La solidarité comme moteur
Cette expérience lui a permis de découvrir la force du peuple ukrainien, qu’elle décrit comme profondément résilient. Elle évoque aussi les bénévoles qu’elle côtoie : « de très belles personnes », animées par la même envie d’aider. Son métier dans la communication lui est précieux pour porter les actions de l’association. Mais il lui a fallu appréhender aussi de nouveaux domaines : le mécénat, l’organisation d’événements, le recrutement de bénévoles ou encore le graphisme...
Une chaîne de solidarité inattendue
Parfois, un simple message peut déclencher une chaîne d’entraide impressionnante.
En février, l’association envoie en Ukraine une ambulance offerte par la Croix-Rouge de Pontarlier.
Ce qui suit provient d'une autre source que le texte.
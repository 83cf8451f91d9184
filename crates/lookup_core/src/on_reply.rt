//! Hearing: what a datagram is to the open queries, and what a reply gives the book.
ghost use Rattle.std.specs.Prelude.{◌≡◌, ◌≤◌, ◌<◌, ◌↔◌, ℕ, List, IsTrue, length, true, MatchOption, IfOk, OnOk, OnErr};
ghost use Rattle.kad_base.specs.Contacts.{among};
ghost use Rattle.kad_base.specs.Limits.{max_reports};
ghost use Rattle.kad_krpc.specs.Views.{answer_seen};
ghost use Rattle.claim_book.specs.declared.types.Entry.TheVariants.{Heard, Lost};
ghost use Rattle.claim_book.specs.Journal.{open_any};
ghost use Rattle.claim_book.specs.Calls.{asker};
ghost use Rattle.claim_book.specs.State.{added};
ghost use Rattle.lookup_core.specs.Reply as Reply;
ghost use Rattle.lookup_core.specs.Reply.{reply_seen, said_seen};
ghost use Rattle.lookup_core.specs.Says.{IsRead};
ghost use Rattle.lookup_core.specs.LookupSteps.{Holds, HearsReply, HearsAt, IsPlaceOf, RepliesToNone, Takes};

use crate::quest::Quest;
use crate::reply::{ReplyView, SaidView, read_reply};
use crate::sealed::is_sealed;
use crate::state::{DRIVER, Lookup};
use claim_book::{Book, BookCall, BookReply, Cause};
use kad_base::{Addr, Contact, Id, NoMemory, Reports, Serial};
use kad_krpc::AnswerView;
use seal_tags::SealCheck;
use std::alloc::Global;

/// A contact that answered in its own name, and its answer where it stands.
#[derive(Drop)]
pub struct Answered<'a> {
    pub contact: Contact,
    pub answer: AnswerView<'a>,
}

/// What a datagram was to a lookup.
#[derive(Drop)]
pub enum Taken<'a> {
    /// It replied to no open query, and nothing changed.
    Stray,
    /// An answer that was heard. What it gives beside contacts is the caller's.
    Heard(Answered<'a>),
    /// An error message or an answer in another name: the contact is lost.
    Lost,
}

/// Whether the two identifiers are one.
fn is_own(id: &Id, asked: &Id) -> bool
    ensures { IsTrue result ↔ (id.now ≡ asked.now) }
{
    id == asked
}

/// The contact, whose query is open in the journal, will not answer.
pub(crate) fn lose(book: &mut Book, contact: Contact, cause: Cause)
    requires { among (open_any book.old.journal) contact ≡ true }
    ensures { book.new ≡ added book.old (Lost (asker contact book.old.journal) contact cause) }
{
    book.legal();
    book.apply(DRIVER, BookCall::Lost { contact, cause });
}

/// The contact, whose query is open in the journal, answered. Without memory the book is as it was.
fn tell_heard(book: &mut Book, contact: Contact, reports: Reports) -> Result<(), NoMemory>
    requires is_open { among (open_any book.old.journal) contact ≡ true }
    requires few { length reports ≤ max_reports }
    ensures ok { OnOk result (book.new ≡ added book.old
        (Heard (asker contact book.old.journal) contact reports)) }
    ensures err { OnErr result (book.new ≡ book.old) }
{
    book.legal();
    match book.apply(DRIVER, BookCall::Heard { contact, reports }) {
        BookReply::NoMemory => Err(NoMemory),
        _ => Ok(()),
    }
}

/// Tells the book what the contact answered: it is heard if it answers in its own name, and lost if the answer has another
/// identifier. Without memory the book is as it was.
fn hear_answer<'a>(
    alloc: Global,
    book: &mut Book,
    quest: &Quest,
    contact: Contact,
    answer: AnswerView<'a>,
) -> Result<Taken<'a>, NoMemory>
    requires { among (open_any book.old.journal) contact ≡ true }
    ensures hears { IfOk result (HearsReply quest.now contact (Reply.Answer (answer_seen answer.entry))
        book.old book.new) }
    ensures err { OnErr result (book.new ≡ book.old) }
{
    if !is_own(&answer.id, &contact.id) {
        lose(book, contact, Cause::WrongId);
        return Ok(Taken::Lost);
    }
    let reports = quest.reports_in(alloc, &answer)?;
    tell_heard(book, contact, reports)?;
    Ok(Taken::Heard(Answered { contact, answer }))
}

/// Tells the book the reply of the contact, whose query is open. Without memory the book is as it was.
fn on_reply<'a>(
    alloc: Global,
    book: &mut Book,
    quest: &Quest,
    contact: Contact,
    reply: ReplyView<'a>,
) -> Result<Taken<'a>, NoMemory>
    requires { among (open_any book.old.journal) contact ≡ true }
    ensures hears { IfOk result (HearsReply quest.now contact (reply_seen reply.entry) book.old
        book.new) }
    ensures err { OnErr result (book.new ≡ book.old) }
{
    match reply {
        ReplyView::Answer(answer) => hear_answer(alloc, book, quest, contact, answer),
        ReplyView::Error { code } => {
            lose(book, contact, Cause::Error { code });
            Ok(Taken::Lost)
        }
    }
}

impl Lookup {
    /// The place of the open query that the reply, which was read in a datagram from that address, is to, if it is sealed as the
    /// lookup asks for; `None` if it is to none. Tags are looked at last, and only in a sealed lookup; only that takes memory.
    pub fn place_of<G: SealCheck>(
        &self,
        alloc: Global,
        quest: &Quest,
        seal: &G,
        from: Addr,
        said: &SaidView,
    ) -> Result<Option<usize>, NoMemory>
        requires { Holds self.now }
        ensures { IfOk result (λ place. (bytes : List ℕ) → IsRead bytes said.now → MatchOption place
            (RepliesToNone quest.now (G.accepted seal.now) from bytes self.now)
            (IsPlaceOf quest.now (G.accepted seal.now) from bytes (said_seen said.now) self.now)) }
    {
        // No two open queries have one transaction id.
        let _ = self.queries.len();
        let place = match self.queries.position(said.tx, from) {
            Some(place) => place,
            None => return Ok(None),
        };
        let contact = self.queries.at(place).contact;
        let sealed = is_sealed(alloc, quest.sealed, seal, &contact, said)?;
        if !sealed {
            return Ok(None);
        }
        Ok(Some(place))
    }

    /// Closes the query at that place, and tells the book the reply to it. Without memory all is as it was.
    pub fn hear<'a>(
        &mut self,
        alloc: Global,
        quest: &Quest,
        place: usize,
        reply: ReplyView<'a>,
    ) -> Result<Taken<'a>, NoMemory>
        requires holds { Holds self.old }
        requires open { place < length self.old.queries }
        ensures hears { IfOk result (HearsAt quest.now place (reply_seen reply.entry) self.old self.new) }
        ensures holds { OnOk result (Holds self.new) }
        ensures err { OnErr result (self.new ≡ self.old) }
    {
        self.book.legal();
        let contact = self.queries.at(place).contact;
        let taken = on_reply(alloc, &mut self.book, quest, contact, reply)?;
        self.queries.remove(place);
        Ok(taken)
    }

    /// Matches the datagram with the open query that it replies to, which is closed, and tells the book the reply; else
    /// it is a stray. The cheapest test comes first: whether who sent it was asked, what it says, which takes no memory,
    /// whether that is to an open query, and its tag, only in a sealed lookup. Without memory all is as it was.
    pub fn take<'a, G: SealCheck>(
        &mut self,
        alloc: Global,
        quest: &Quest,
        seal: &G,
        from: Addr,
        bytes: &'a [u8],
    ) -> Result<Taken<'a>, NoMemory>
        requires { Holds self.old }
        ensures takes { IfOk result (Takes quest.now (G.accepted seal.now) from bytes.now self.old
            self.new) }
        ensures holds { OnOk result (Holds self.new) }
        ensures err { OnErr result (self.new ≡ self.old) }
    {
        if !self.queries.is_asked(from) {
            return Ok(Taken::Stray);
        }
        let said = match read_reply(bytes) {
            Some(said) => said,
            None => return Ok(Taken::Stray),
        };
        match self.place_of(alloc, quest, seal, from, &said)? {
            Some(place) => self.hear(alloc, quest, place, said.reply),
            None => Ok(Taken::Stray),
        }
    }
}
Après avoir communiqué sur l’opération, Sophie est contactée par la Croix-Rouge de Paris, qui propose un autre véhicule nécessitant une petite réparation. Impossible pour UKRaide d’aller le chercher. Elle prend contact avec une association en région parisienne, la solution est trouvée : l’ambulance part finalement, elle aussi, en Ukraine.
« Il existe toute une chaîne de solidarité incroyable », souligne Sophie.
Continuer à agir
L’association poursuivra l’envoi de convois et l’organisation d’événements solidaires aussi longtemps que nécessaire. Parmi les rendez-vous prévus : un trail solidaire le 25 avril, des animations à Planoise tout au long du mois de mai, ou encore des manifestations à Pirey, Fontain et ailleurs.
Et si elle devait transmettre un message à celles et ceux qui hésitent à s’engager ?
Pas de leçon, simplement une conviction : donner un peu de son temps, pour l’Ukraine ou pour une autre cause, est une expérience profondément enrichissante. Dans un monde qui lui semble parfois gagné par le repli et l’individualisme, Sophie Muraccioli préfère continuer à croire à la solidarité. Et surtout, à la faire vivre.